*** Opening Provided data ***
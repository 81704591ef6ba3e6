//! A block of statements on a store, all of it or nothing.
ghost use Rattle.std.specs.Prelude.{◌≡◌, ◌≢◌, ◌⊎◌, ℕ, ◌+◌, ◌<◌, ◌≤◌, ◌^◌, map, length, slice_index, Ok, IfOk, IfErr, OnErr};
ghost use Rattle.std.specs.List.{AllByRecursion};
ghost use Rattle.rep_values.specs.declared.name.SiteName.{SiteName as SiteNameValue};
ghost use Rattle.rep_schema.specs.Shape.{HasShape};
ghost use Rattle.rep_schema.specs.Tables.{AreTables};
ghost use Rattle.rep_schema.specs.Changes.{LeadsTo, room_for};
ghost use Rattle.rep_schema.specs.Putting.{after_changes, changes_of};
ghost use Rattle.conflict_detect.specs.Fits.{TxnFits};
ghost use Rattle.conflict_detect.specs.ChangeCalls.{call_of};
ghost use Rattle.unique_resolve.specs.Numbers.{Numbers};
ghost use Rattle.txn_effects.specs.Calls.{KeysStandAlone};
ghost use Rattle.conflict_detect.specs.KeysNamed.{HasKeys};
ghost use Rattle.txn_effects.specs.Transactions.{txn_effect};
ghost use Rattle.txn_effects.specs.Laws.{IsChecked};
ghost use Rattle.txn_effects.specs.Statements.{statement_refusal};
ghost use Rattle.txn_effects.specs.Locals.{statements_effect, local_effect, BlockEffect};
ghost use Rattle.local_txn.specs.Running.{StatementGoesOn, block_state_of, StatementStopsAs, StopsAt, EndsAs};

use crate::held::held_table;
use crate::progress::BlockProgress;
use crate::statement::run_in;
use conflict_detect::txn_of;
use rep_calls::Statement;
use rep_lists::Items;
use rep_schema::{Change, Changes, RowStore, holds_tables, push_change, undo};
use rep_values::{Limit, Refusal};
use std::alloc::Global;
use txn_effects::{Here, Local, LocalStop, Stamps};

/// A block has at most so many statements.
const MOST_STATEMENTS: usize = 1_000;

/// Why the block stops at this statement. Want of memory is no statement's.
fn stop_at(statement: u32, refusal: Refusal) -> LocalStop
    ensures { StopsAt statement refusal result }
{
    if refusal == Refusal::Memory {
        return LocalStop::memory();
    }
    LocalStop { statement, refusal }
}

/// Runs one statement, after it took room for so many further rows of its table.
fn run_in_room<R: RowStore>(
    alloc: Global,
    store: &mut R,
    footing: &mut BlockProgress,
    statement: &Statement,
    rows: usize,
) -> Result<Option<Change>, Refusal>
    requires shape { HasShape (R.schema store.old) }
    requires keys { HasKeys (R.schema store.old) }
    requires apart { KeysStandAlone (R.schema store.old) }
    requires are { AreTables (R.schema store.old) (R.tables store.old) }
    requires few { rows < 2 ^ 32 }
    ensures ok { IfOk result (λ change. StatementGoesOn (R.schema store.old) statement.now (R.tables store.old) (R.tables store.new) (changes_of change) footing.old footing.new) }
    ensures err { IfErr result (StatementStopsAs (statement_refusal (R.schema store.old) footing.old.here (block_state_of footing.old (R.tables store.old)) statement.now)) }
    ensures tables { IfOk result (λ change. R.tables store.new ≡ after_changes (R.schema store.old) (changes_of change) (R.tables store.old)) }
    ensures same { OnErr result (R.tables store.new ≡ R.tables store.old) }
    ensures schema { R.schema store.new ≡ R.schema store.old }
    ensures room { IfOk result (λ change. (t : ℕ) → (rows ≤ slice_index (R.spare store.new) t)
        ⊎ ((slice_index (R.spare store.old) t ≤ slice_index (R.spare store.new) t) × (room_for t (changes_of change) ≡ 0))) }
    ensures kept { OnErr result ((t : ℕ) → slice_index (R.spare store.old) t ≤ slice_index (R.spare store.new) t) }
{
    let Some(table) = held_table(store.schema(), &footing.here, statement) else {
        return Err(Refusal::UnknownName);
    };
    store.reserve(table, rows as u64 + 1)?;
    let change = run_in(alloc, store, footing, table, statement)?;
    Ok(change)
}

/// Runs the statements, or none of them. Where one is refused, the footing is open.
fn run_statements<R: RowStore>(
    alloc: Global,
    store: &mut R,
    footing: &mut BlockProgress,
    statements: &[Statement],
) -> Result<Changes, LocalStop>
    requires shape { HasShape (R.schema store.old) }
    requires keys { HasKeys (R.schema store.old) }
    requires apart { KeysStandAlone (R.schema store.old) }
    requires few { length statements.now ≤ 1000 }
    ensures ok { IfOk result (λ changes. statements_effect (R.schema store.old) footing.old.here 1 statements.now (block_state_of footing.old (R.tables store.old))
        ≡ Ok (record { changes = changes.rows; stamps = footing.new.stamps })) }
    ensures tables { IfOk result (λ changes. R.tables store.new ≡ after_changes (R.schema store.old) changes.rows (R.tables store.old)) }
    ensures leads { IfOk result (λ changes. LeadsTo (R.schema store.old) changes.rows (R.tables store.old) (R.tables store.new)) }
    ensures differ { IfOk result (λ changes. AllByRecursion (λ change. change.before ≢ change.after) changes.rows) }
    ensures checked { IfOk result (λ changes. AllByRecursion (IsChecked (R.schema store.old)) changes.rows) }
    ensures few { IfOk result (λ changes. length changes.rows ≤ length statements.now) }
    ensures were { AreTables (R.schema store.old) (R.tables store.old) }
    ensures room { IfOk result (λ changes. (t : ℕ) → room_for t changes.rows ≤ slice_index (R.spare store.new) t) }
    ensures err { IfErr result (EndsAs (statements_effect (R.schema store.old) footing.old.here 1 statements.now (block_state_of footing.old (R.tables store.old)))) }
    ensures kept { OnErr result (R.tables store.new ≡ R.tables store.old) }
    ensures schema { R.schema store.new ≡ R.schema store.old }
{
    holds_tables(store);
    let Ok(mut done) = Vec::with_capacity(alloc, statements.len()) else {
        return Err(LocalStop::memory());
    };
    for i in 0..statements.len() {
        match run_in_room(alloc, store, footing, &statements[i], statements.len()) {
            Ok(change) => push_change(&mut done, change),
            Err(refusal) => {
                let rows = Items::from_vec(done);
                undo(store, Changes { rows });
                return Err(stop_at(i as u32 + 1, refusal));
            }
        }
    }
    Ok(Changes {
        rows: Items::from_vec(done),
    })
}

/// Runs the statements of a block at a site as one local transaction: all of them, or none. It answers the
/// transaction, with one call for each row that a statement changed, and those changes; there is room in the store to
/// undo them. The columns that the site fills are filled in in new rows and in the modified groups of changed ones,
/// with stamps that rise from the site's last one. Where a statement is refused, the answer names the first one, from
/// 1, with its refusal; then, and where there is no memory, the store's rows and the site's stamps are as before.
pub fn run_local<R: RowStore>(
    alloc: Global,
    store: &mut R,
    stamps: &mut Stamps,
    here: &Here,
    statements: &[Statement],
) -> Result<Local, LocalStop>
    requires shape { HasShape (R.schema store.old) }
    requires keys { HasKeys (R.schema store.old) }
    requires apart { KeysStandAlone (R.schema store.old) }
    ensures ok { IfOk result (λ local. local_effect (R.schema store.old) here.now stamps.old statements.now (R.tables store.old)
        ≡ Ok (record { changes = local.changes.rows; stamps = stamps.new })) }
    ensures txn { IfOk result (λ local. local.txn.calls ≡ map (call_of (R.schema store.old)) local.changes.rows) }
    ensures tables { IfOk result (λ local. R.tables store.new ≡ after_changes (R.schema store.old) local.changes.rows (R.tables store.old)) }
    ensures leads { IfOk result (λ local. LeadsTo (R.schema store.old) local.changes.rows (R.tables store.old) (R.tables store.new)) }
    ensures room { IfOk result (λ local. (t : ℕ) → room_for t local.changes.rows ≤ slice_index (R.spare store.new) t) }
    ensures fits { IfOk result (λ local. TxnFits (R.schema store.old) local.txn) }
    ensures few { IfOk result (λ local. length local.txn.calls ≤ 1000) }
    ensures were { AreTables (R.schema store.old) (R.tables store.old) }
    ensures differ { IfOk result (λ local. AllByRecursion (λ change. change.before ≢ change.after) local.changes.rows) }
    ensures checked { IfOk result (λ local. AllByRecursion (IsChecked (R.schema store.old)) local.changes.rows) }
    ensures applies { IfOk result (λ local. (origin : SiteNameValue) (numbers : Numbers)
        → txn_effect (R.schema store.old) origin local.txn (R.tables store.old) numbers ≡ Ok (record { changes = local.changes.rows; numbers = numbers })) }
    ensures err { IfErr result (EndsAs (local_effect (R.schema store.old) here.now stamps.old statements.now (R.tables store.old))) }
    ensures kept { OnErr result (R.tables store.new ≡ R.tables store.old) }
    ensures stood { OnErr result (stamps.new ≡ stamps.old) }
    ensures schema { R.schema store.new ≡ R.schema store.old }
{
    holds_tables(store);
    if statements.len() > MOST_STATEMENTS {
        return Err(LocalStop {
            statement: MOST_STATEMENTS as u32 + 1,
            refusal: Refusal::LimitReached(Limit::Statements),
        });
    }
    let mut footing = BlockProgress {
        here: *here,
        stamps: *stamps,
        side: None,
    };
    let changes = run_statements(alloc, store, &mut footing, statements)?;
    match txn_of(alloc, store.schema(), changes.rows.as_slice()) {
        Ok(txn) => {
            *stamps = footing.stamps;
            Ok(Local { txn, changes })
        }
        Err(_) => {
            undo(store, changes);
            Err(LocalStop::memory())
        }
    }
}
*** Closing Provided data ***
▶ [Problem to work on]: Pull every line containing the word "usize" out of the material.

▶ [Your solution]:
const MOST_STATEMENTS: usize = 1_000;
    rows: usize,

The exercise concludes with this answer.